Requirement: Look at every line of the material and count the ones holding the word "were". The answer is the number only.

Records for the task:
□ □ □

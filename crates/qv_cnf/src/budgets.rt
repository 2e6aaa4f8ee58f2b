//! Budgets of conflicts.

ghost use Rattle.std.specs.Prelude.{◌≡◌, ℕ, ◌+◌, ◌^◌, ◌<◌, ◌≤◌, ◌↔◌, List, [], ◌∷◌, ◌++◌, IsErr};
ghost use Rattle.std.specs.Prelude.{OnOk, OnErr};
ghost use Rattle.qv_cnf.specs.Counting.{MayCharge, SameButCount, limit_of};
ghost use Rattle.qv_cnf.specs.Derivation.{IsDerivation, addition_of};
ghost use Rattle.qv_cnf.specs.Listing.{Numbered, clauses_of};
ghost use Rattle.qv_cnf.specs.LratLine.{LratLine, Deletion, lines_of};

use super::{ClauseList, Lit, Spent, Step};
use std::marker::Model;

/// Charges for the conflicts of a solver. Each is paid by a clause that a derivation adds.
pub trait Budget {
    /// How many conflicts may be charged in all.
    ghost limit: { Self → ℕ };

    /// How many were charged.
    ghost count: { Self → ℕ };

    /// Holds where a base with these steps over it may be charged.
    ghost may_charge: { Self → List Numbered → List LratLine → Type 0 };

    /// Equal but for the count.
    ghost same_but_count: { Self → Self → Type 0 };

    /// Charges a conflict: the steps over the base go on by the addition of a clause.
    fn conflict(
        &mut self,
        base: &ClauseList,
        steps: &[Step],
        id: u64,
        lits: &[Lit],
        hints: &[u64],
    ) -> Result<(), Spent>
        requires may { may_charge self.old base.now.live (lines_of steps.now) }
        requires derivation { IsDerivation base.now.live
            (lines_of steps.now ++ addition_of id lits.now hints.now ∷ []) }
        ensures spent { IsErr result ↔ (count self.old ≡ limit self.old) }
        ensures unchanged { OnErr result (self.new ≡ self.old) }
        ensures charged { OnOk result (count self.new ≡ count self.old + 1) }
        ensures may { OnOk result
            (may_charge self.new base.now.live
            (lines_of steps.now ++ addition_of id lits.now hints.now ∷ [])) }
        ensures same { same_but_count self.old self.new };

    /// The count is never above the limit.
    ghost within: { (b : Self) → count b ≤ limit b };

    ghost same_reflexive: { (b : Self) → same_but_count b b };

    ghost same_transitive: { (a b c : Self) → same_but_count a b → same_but_count b c →
        same_but_count a c };

    ghost same_limit: { (a b : Self) → same_but_count a b → limit a ≡ limit b };

    /// What may be charged may be charged after a deletion with which the steps are a derivation.
    ghost deletion: { (b : Self) (base : List Numbered) (steps : List LratLine) (id : ℕ)
        (ids : List ℕ) → may_charge b base steps →
        IsDerivation base (steps ++ Deletion id ids ∷ []) →
        may_charge b base (steps ++ Deletion id ids ∷ []) };
}

/// A budget for a solver that is used by itself.
#[derive(Debug, Drop)]
pub struct Counter {
    base: ClauseList,
    limit: u64,
    count: u64,
}

impl Model for Counter {
    ghost use Rattle.std.specs.Prelude.{◌-◌, ◌≤◌};
    ghost use Rattle.qv_cnf.specs.Counting.{Counting};
    ghost use Rattle.qv_cnf.specs.Listing.{clauses_of};

    ghost Value = { Counting };

    ghost view = { λ a. record {
      base = clauses_of a.base.live;
      count = a.count;
      left = a.limit - a.count;
    } };

    ghost invariant = { λ a. a.count ≤ a.limit };
}

impl Counter {
    /// No conflict is charged yet. The steps to be charged are over these clauses.
    pub fn new(base: ClauseList, limit: u64) -> Counter
        requires { limit < 2 ^ 60 }
        ensures { result ≡ record { base = clauses_of base.live; count = 0; left = limit } }
    {
        Counter {
            base,
            limit,
            count: 0,
        }
    }

    /// How many conflicts were charged.
    pub fn count(&self) -> u64
        ensures { result ≡ self.now.count }
    {
        self.count
    }
}

impl Budget for Counter {
    ghost use Rattle.qv_cnf.specs.Counting.{count_within, SameButCount-reflexive};
    ghost use Rattle.qv_cnf.specs.Counting.{SameButCount-transitive, MayCharge-deletion};

    ghost limit = { limit_of };

    ghost count = { λ c. c.count };

    ghost may_charge = { MayCharge };

    ghost same_but_count = { SameButCount };

    fn conflict(
        &mut self,
        _base: &ClauseList,
        _steps: &[Step],
        _id: u64,
        _lits: &[Lit],
        _hints: &[u64],
    ) -> Result<(), Spent> {
        if self.count == self.limit {
            return Err(Spent);
        }
        self.count += 1;
        Ok(())
    }

    ghost within = { count_within };

    ghost same_reflexive = { SameButCount-reflexive };

    ghost same_transitive = { SameButCount-transitive };

    ghost same_limit = { λ a b same. same.limit };

    ghost deletion = { MayCharge-deletion };
}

□ □ □

Written answer: 2